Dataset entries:
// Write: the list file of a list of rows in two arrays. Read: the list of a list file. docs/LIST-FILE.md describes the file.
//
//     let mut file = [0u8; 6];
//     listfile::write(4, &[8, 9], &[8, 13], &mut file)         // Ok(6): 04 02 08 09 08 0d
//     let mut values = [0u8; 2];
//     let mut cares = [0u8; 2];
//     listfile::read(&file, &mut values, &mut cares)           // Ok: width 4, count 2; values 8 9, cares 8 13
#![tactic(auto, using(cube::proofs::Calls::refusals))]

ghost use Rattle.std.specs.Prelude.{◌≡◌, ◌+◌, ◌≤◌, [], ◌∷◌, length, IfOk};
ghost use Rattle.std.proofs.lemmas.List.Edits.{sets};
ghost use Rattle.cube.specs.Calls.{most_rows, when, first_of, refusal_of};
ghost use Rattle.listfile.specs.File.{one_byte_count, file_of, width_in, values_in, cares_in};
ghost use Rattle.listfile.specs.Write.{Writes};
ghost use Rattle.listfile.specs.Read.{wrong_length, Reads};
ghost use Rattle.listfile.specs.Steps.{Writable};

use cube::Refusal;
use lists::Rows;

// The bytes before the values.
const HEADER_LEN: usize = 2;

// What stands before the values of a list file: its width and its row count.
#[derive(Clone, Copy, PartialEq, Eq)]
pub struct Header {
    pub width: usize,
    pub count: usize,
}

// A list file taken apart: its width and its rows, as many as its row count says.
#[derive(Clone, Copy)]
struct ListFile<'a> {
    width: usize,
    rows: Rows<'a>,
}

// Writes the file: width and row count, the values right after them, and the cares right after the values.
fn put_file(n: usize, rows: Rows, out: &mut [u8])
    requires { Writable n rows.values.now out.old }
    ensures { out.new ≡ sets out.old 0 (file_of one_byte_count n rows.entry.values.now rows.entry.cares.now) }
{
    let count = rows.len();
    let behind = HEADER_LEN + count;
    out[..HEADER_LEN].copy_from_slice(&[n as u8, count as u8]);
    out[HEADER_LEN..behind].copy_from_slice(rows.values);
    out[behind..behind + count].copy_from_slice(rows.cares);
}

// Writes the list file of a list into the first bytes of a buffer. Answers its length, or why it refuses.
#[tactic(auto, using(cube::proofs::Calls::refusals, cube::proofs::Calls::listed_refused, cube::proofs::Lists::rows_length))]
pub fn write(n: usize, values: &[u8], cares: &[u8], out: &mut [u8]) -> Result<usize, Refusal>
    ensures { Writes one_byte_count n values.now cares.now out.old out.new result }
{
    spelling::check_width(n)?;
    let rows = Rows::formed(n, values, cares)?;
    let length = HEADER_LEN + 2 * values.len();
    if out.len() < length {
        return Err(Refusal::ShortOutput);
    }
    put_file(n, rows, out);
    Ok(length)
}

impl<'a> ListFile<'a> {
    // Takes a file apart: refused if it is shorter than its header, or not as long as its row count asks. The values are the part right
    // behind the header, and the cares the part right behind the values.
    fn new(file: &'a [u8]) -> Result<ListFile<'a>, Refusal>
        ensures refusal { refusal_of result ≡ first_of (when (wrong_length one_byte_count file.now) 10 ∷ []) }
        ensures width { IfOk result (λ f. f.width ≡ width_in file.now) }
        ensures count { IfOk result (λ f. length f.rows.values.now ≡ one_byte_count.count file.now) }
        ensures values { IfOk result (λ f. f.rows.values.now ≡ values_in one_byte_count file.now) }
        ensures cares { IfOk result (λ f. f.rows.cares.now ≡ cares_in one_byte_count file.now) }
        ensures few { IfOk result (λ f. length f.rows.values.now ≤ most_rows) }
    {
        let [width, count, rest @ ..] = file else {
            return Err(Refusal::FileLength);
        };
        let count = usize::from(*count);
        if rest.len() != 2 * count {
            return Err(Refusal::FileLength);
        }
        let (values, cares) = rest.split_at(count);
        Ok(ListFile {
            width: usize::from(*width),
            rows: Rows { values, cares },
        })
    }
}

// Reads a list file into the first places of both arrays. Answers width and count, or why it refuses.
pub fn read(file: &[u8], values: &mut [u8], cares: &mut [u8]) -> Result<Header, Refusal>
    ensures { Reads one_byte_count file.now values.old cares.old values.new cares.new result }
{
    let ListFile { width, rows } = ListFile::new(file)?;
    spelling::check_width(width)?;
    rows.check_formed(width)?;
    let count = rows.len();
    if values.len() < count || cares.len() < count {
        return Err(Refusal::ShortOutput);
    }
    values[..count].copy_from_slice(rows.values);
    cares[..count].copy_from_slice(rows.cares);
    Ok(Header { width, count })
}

### Your goal
Return only the part of the records above that opens with the line containing "values = [0u8; 2];" and closes with the line containing "out[HEADER_LEN..behind].copy_from_slice(rows.values);", ends included.

### Solution for this problem
//     let mut values = [0u8; 2];
//     let mut cares = [0u8; 2];
//     listfile::read(&file, &mut values, &mut cares)           // Ok: width 4, count 2; values 8 9, cares 8 13
#![tactic(auto, using(cube::proofs::Calls::refusals))]

ghost use Rattle.std.specs.Prelude.{◌≡◌, ◌+◌, ◌≤◌, [], ◌∷◌, length, IfOk};
ghost use Rattle.std.proofs.lemmas.List.Edits.{sets};
ghost use Rattle.cube.specs.Calls.{most_rows, when, first_of, refusal_of};
ghost use Rattle.listfile.specs.File.{one_byte_count, file_of, width_in, values_in, cares_in};
ghost use Rattle.listfile.specs.Write.{Writes};
ghost use Rattle.listfile.specs.Read.{wrong_length, Reads};
ghost use Rattle.listfile.specs.Steps.{Writable};

use cube::Refusal;
use lists::Rows;

// The bytes before the values.
const HEADER_LEN: usize = 2;

// What stands before the values of a list file: its width and its row count.
#[derive(Clone, Copy, PartialEq, Eq)]
pub struct Header {
    pub width: usize,
    pub count: usize,
}

// A list file taken apart: its width and its rows, as many as its row count says.
#[derive(Clone, Copy)]
struct ListFile<'a> {
    width: usize,
    rows: Rows<'a>,
}

// Writes the file: width and row count, the values right after them, and the cares right after the values.
fn put_file(n: usize, rows: Rows, out: &mut [u8])
    requires { Writable n rows.values.now out.old }
    ensures { out.new ≡ sets out.old 0 (file_of one_byte_count n rows.entry.values.now rows.entry.cares.now) }
{
    let count = rows.len();
    let behind = HEADER_LEN + count;
    out[..HEADER_LEN].copy_from_slice(&[n as u8, count as u8]);
    out[HEADER_LEN..behind].copy_from_slice(rows.values);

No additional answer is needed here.